:: Exercise prompt ::
Which lines of the data below hold "Keys"? Copy each of them.

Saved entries
····················
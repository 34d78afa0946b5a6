//! Whether a collection holds an element.
ghost use Rattle.std.specs.Prelude.{◌≡◌};
ghost use Rattle.object_heap.specs.Parts.{pairs_of};
ghost use Rattle.container_outcomes.specs.Comparing.{comparison};
ghost use Rattle.api_map.specs.Sources.{elements};
ghost use Rattle.api_map.specs.Holding as spec;

use crate::arguments::entry_of;
use crate::collections::{compare_shown, entry_shown};
use crate::maps::has_key;
use crate::sources::{Source, count, element_at};
use container_outcomes::{Compared, compare, compare_entries};
use object_heap::Heap;
use object_values::{Part, Value};

// Searches the elements that are values of their own for a value.
fn among(heap: &Heap, source: Source, value: &Value) -> Compared
    ensures { result ≡ spec.among (comparison heap.now.objects value.now) (elements heap.now.objects source) }
{
    for at in 0..count(heap, source) {
        let Some(other) = element_at(heap, source, at) else {
            return Compared::Other;
        };
        match compare(heap, value, other) {
            Compared::Same => return Compared::Same,
            Compared::Other => {}
            Compared::Deep => return Compared::Deep,
            Compared::Large => return Compared::Large,
        }
    }
    Compared::Other
}

fn key_in(heap: &Heap, id: u32, key: &Value) -> Compared
    ensures { result ≡ spec.key_in (pairs_of heap.now.objects id) key.now }
{
    if has_key(heap, id, key) {
        Compared::Same
    } else {
        Compared::Other
    }
}

fn value_shown(heap: &Heap, map: u32, part: Part, value: &Value) -> Compared
    ensures { result ≡ spec.value_shown heap.now.objects map part value.now }
{
    match part {
        Part::Keys => key_in(heap, map, value),
        Part::Values => among(heap, Source::Pairs(map, Part::Values), value),
        Part::Entries => entry_shown(heap, map, value),
    }
}

/// Whether a value is one of a collection's.
pub fn value_in(heap: &Heap, source: Source, value: &Value) -> Compared
    ensures { result ≡ spec.value_in heap.now.objects source value.now }
{
    match source {
        Source::Items(id) => among(heap, Source::Items(id), value),
        Source::Pairs(map, part) => value_shown(heap, map, part, value),
    }
}

fn is_entry(heap: &Heap, from: u32, key: &Value, value: &Value) -> Compared
    ensures { result ≡ spec.is_entry heap.now.objects from key.now value.now }
{
    match entry_of(heap, value) {
        Some((map, other)) => compare_entries(heap, from, key, map, other),
        None => Compared::Other,
    }
}

// Searches the elements that are values of their own for an entry.
fn entry_among(heap: &Heap, source: Source, from: u32, key: &Value) -> Compared
    ensures { result ≡ spec.among (spec.is_entry heap.now.objects from key.now) (elements heap.now.objects source) }
{
    for at in 0..count(heap, source) {
        let Some(other) = element_at(heap, source, at) else {
            return Compared::Other;
        };
        match is_entry(heap, from, key, other) {
            Compared::Same => return Compared::Same,
            Compared::Other => {}
            Compared::Deep => return Compared::Deep,
            Compared::Large => return Compared::Large,
        }
    }
    Compared::Other
}

fn entry_shown_too(heap: &Heap, map: u32, part: Part, from: u32, key: &Value) -> Compared
    ensures { result ≡ spec.entry_shown_too heap.now.objects map part from key.now }
{
    match part {
        Part::Keys => Compared::Other,
        Part::Values => entry_among(heap, Source::Pairs(map, Part::Values), from, key),
        Part::Entries => compare_shown(heap, from, map, key),
    }
}

/// Whether an entry that a view shows is one of a collection's.
pub fn entry_in(heap: &Heap, source: Source, from: u32, key: &Value) -> Compared
    ensures { result ≡ spec.entry_in heap.now.objects source from key.now }
{
    match source {
        Source::Items(id) => entry_among(heap, Source::Items(id), from, key),
        Source::Pairs(map, part) => entry_shown_too(heap, map, part, from, key),
    }
}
····················
:: Written response ::
        Part::Keys => key_in(heap, map, value),
        Part::Keys => Compared::Other,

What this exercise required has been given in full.